Der Landtag in Mainz hat Gordon Schnieder (CDU) zum neuen Ministerpräsidenten von Rheinland-Pfalz gewählt. Der 48-Jährige erhielt 63 Ja-Stimmen, wie die Tagesschau berichtet. Damit endet eine 35-jährige Oppositionszeit der CDU im Bundesland.
Die neue Koalition aus CDU und SPD stellt zusammen 71 der 105 Abgeordneten. Schnieder verfehlte bei der geheimen Wahl die Stimmenzahl der Koalition um acht – ein übliches Phänomen bei Regierungsbildungen, wie zuvor auch in Baden-Württemberg bei Cem Özdemir (Grüne).

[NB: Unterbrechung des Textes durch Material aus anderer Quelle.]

#![tactic(auto)]
// What the list and the lookup of a fixed array are: definitions, and laws about them.
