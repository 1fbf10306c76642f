// What disks in memory were at earlier moments, for contracts alone. It has no bytes.
ghost use Rattle.std.specs.Prelude.{◌≡◌, [], ◌∷◌, ◌++◌};
ghost use Rattle.vx_disk.specs.Moments.{moments_of};

use crate::unit::MemUnit;
use std::mem::replace;
use std::snapshot::Snapshot;

/// What the disks were at one moment, and at those before it.
#[derive(Drop)]
pub struct Moment {
    pub units: Snapshot<Vec<MemUnit>>,
    pub before: Snapshot<Option<Moment>>,
}

/// No moment.
pub fn none() -> Snapshot<Option<Moment>>
    ensures { moments_of result.value ≡ [] }
{
    Snapshot::of(&None)
}

/// Puts this moment after those.
pub fn note(past: &mut Snapshot<Option<Moment>>, units: &Vec<MemUnit>)
    ensures { moments_of past.new.value ≡ moments_of past.old.value ++ units.now ∷ [] }
{
    let before = replace(past, none());
    let moment = Some(Moment {
        units: Snapshot::of(units),
        before,
    });
    *past = Snapshot::of(&moment);
}
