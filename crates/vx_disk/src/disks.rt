// The disks of a shelf in memory.
ghost use Rattle.std.specs.Prelude.{◌≡◌, ◌≢◌, ◌≤◌, ◌<◌, ◌⊎◌, ℕ, IsTrue, IsFalse, true, false, length, OnOk, IfOk, IfErr, [], None, Some};
ghost use Rattle.vx_disk.specs.Counts.{Rose};
ghost use Rattle.vx_model.specs.declared.limits.TheConstants.{MOST_DISKS};
ghost use Rattle.vx_disk.specs.Disks.{Burns, Crashed, RanOut, SameBlocks, Untouched};
ghost use Rattle.vx_disk.specs.Memory.{AllZeroed, NoneLoose, Settled, faults_of, failing_of, size_of};
ghost use Rattle.vx_disk.specs.Moments.{moments_of};
ghost use Rattle.vx_disk.specs.Racks.{Alike, Fitted, Stopped, Unfitted};
ghost use Rattle.vx_model.specs.declared.errors.Stop.TheVariants.{OutOfMemory as MemoryStop};
ghost use Rattle.vx_disk.specs.Shelf.{DisksFlushed, DisksWrote, Fits, Flushed, Goes, Nothing, Read, Written, Wrote};

use crate::moment::{Moment, none, note};
use crate::unit::MemUnit;
use std::alloc::Global;
use std::snapshot::Snapshot;
use vx_model::Stop;
use vx_model::limits::{MOST_DISKS, MOST_FILE_BLOCKS};

/// Disks that stop and start together.
#[derive(Drop)]
pub struct MemDisks {
    pub units: Vec<MemUnit>,
    pub past: Snapshot<Option<Moment>>,
    pub down: bool,
    /// How many writes and flushes are left before a crash, and its pick.
    pub fuse: Option<(u64, u64)>,
    pub ghost few: { length units.items ≤ MOST_DISKS },
    // A crash leaves no block loose, and nothing is written while they are down.
    pub ghost at_rest: { down ≡ true → NoneLoose units.items },
}

impl MemDisks {
    ghost use Rattle.vx_disk.specs.Meanings.{disks_in, meaning_in};

    /// No disks yet.
    pub fn new(alloc: Global) -> MemDisks
        ensures units { result.units.items ≡ [] }
        ensures up { result.down ≡ false }
        ensures no_fuse { result.fuse ≡ None }
    {
        MemDisks {
            units: Vec::new(alloc),
            past: none(),
            down: false,
            fuse: None,
        }
    }

    /// Makes so many disks of so many zeroed blocks. Where memory runs out nothing changes.
    pub fn fit(&mut self, alloc: Global, disks: u32, blocks: usize) -> Result<(), Stop>
        requires unfitted { length self.old.units.items ≡ 0 }
        requires up { IsFalse self.old.down }
        requires disks { disks ≤ MOST_DISKS }
        requires blocks { blocks ≤ MOST_FILE_BLOCKS }
        ensures fitted { OnOk result (Fitted disks blocks (meaning_in self.old) (meaning_in self.new)) }
        ensures memory { IfErr result (λ stop. stop ≡ MemoryStop) }
        ensures unchanged { IfErr result (Unfitted (meaning_in self.old) (meaning_in self.new)) }
    {
        let units = zeroed(alloc, disks, blocks)?;
        note(&mut self.past, &self.units);
        self.units = units;
        Ok(())
    }

    /// Lets that many writes and flushes pass.
    pub fn set_fuse(&mut self, calls: u64, pick: u64)
        ensures alike { Alike (meaning_in self.old) (meaning_in self.new) }
        ensures down { self.new.down ≡ self.old.down }
        ensures disks { SameBlocks (disks_in self.old) (disks_in self.new) }
        ensures fuse { self.new.fuse ≡ Some (calls, pick) }
        ensures failing { (u : ℕ) → failing_of self.new.units.items u ≡ failing_of self.old.units.items u }
    {
        self.fuse = Some((calls, pick));
    }

    /// Starts the disks again.
    pub fn revive(&mut self)
        ensures alike { Alike (meaning_in self.old) (meaning_in self.new) }
        ensures up { IsFalse self.new.down }
        ensures disks { Untouched (disks_in self.old) (disks_in self.new) }
        ensures failing { (u : ℕ) → failing_of self.new.units.items u ≡ failing_of self.old.units.items u }
    {
        self.down = false;
    }

    /// Counts a fault of a disk.
    pub fn fault(&mut self, unit: u32)
        requires { unit < length self.old.units.items }
        ensures goes { Goes Nothing (meaning_in self.old) (meaning_in self.new) }
        ensures rose { Rose (faults_of self.old.units.items unit) (faults_of self.new.units.items unit) }
        ensures others { (u : ℕ) → u ≢ unit → faults_of self.new.units.items u ≡ faults_of self.old.units.items u }
        ensures blocks { SameBlocks (disks_in self.old) (disks_in self.new) }
        ensures failing { (u : ℕ) → failing_of self.new.units.items u ≡ failing_of self.old.units.items u }
        ensures fuse { self.new.fuse ≡ self.old.fuse }
        ensures down { self.new.down ≡ self.old.down }
    {
        note(&mut self.past, &self.units);
        self.units[unit as usize].fault();
    }

    /// Whether a write or flush may pass. It may not where the disks are down, nor where the fuse has no calls left: then
    /// they stop. One that passes burns a call.
    pub fn pass(&mut self) -> bool
        ensures goes { Goes Nothing (meaning_in self.old) (meaning_in self.new) }
        ensures passed { IsTrue result → IsFalse self.old.down × IsFalse self.new.down × SameBlocks (disks_in self.old) (disks_in self.new) × Burns self.old.fuse self.new.fuse }
        ensures stopped { IsFalse result → IsTrue self.new.down × ((IsTrue self.old.down × Untouched (disks_in self.old) (disks_in self.new)) ⊎ RanOut (size_of self.old.units.items) (disks_in self.old) (disks_in self.new)) }
        ensures failing { (u : ℕ) → failing_of self.new.units.items u ≡ failing_of self.old.units.items u }
    {
        if self.down {
            return false;
        }
        let Some((calls, pick)) = self.fuse else {
            return true;
        };
        if calls == 0 {
            self.stop(pick);
            return false;
        }
        self.fuse = Some((calls - 1, pick));
        true
    }

    /// All disks stop at one moment, and each loose block keeps one of its values.
    pub fn stop(&mut self, pick: u64)
        ensures stopped { Stopped (meaning_in self.old) (meaning_in self.new) }
        ensures crash { Crashed (size_of self.old.units.items) pick (disks_in self.old) (disks_in self.new) }
        ensures failing { (u : ℕ) → failing_of self.new.units.items u ≡ failing_of self.old.units.items u }
    {
        note(&mut self.past, &self.units);
        settle_all(&mut self.units, pick);
        self.down = true;
        self.fuse = None;
    }

    /// Reads whole blocks of a disk.
    pub fn read(&self, unit: u32, block: u64, into: &mut [u8])
        requires { Fits (meaning_in self.now) unit block (length into.old) }
        ensures { Read (meaning_in self.now) unit block into.new }
    {
        self.units[unit as usize].read(block as usize, into);
    }

    /// Writes whole blocks of a disk, which are loose from then on.
    pub fn write(&mut self, unit: u32, block: u64, bytes: &[u8])
        requires fits { Fits (meaning_in self.old) unit block (length bytes.now) }
        requires up { IsFalse self.old.down }
        ensures goes { Goes (Written unit block bytes.now) (meaning_in self.old) (meaning_in self.new) }
        ensures wrote { Wrote unit block bytes.now (meaning_in self.old) (meaning_in self.new) }
        ensures disks { DisksWrote unit block bytes.now (disks_in self.old) (disks_in self.new) }
        ensures failing { (u : ℕ) → failing_of self.new.units.items u ≡ failing_of self.old.units.items u }
        ensures fuse { self.new.fuse ≡ self.old.fuse }
        ensures down { self.new.down ≡ self.old.down }
    {
        note(&mut self.past, &self.units);
        self.units[unit as usize].write(block as usize, bytes);
    }

    /// Makes a disk's latest values its stable ones.
    pub fn flush(&mut self, unit: u32)
        requires unit { unit < length self.old.units.items }
        requires up { IsFalse self.old.down }
        ensures goes { Goes Nothing (meaning_in self.old) (meaning_in self.new) }
        ensures flushed { Flushed unit (meaning_in self.old) (meaning_in self.new) }
        ensures disks { DisksFlushed unit (disks_in self.old) (disks_in self.new) }
        ensures failing { (u : ℕ) → failing_of self.new.units.items u ≡ failing_of self.old.units.items u }
        ensures fuse { self.new.fuse ≡ self.old.fuse }
        ensures down { self.new.down ≡ self.old.down }
    {
        note(&mut self.past, &self.units);
        self.units[unit as usize].flush();
    }

    /// Makes each later call on a disk fail, or ends that.
    pub fn make_fail(&mut self, disk: u32, on: bool)
        requires { disk < length self.old.units.items }
        ensures alike { Alike (meaning_in self.old) (meaning_in self.new) }
        ensures disks { Untouched (disks_in self.old) (disks_in self.new) }
        ensures here { failing_of self.new.units.items disk ≡ on }
        ensures elsewhere { (u : ℕ) → u ≢ disk → failing_of self.new.units.items u ≡ failing_of self.old.units.items u }
        ensures down { self.new.down ≡ self.old.down }
    {
        self.units[disk as usize].make_fail(on);
    }
}

fn zeroed(alloc: Global, disks: u32, blocks: usize) -> Result<Vec<MemUnit>, Stop>
    requires disks { disks ≤ MOST_DISKS }
    requires blocks { blocks ≤ MOST_FILE_BLOCKS }
    ensures zeroed { IfOk result (λ units. AllZeroed disks blocks units.items) }
    ensures memory { IfErr result (λ e. e ≡ MemoryStop) }
{
    let mut units = Vec::new(alloc);
    for _unit in 0..disks {
        units.push(MemUnit::new(alloc, blocks)?)?;
    }
    Ok(units)
}

// Each unit's loose blocks keep one of their values, numbered over all units.
fn settle_all(units: &mut [MemUnit], pick: u64)
    ensures { Settled units.old pick units.new }
{
    let mut number = 0;
    for unit in units.iter_mut() {
        number = unit.settle(pick, number);
    }
}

Der Landtag hatte sich am 18. Mai konstituiert, dem Verfassungstag von Rheinland-Pfalz. Alterspräsident Christian Baldauf (CDU) eröffnete die Sitzung um 11 Uhr. Anschließend wählten die Abgeordneten Matthias Lammert (CDU) einstimmig zum neuen Landtagspräsidenten.
Die Regierungsbank blieb zunächst leer, bis Schnieder nach seiner Wahl das Amt übernahm. Der Machtwechsel in Rheinland-Pfalz ist damit vollzogen – die CDU kehrt nach 35 Jahren in die Staatskanzlei zurück.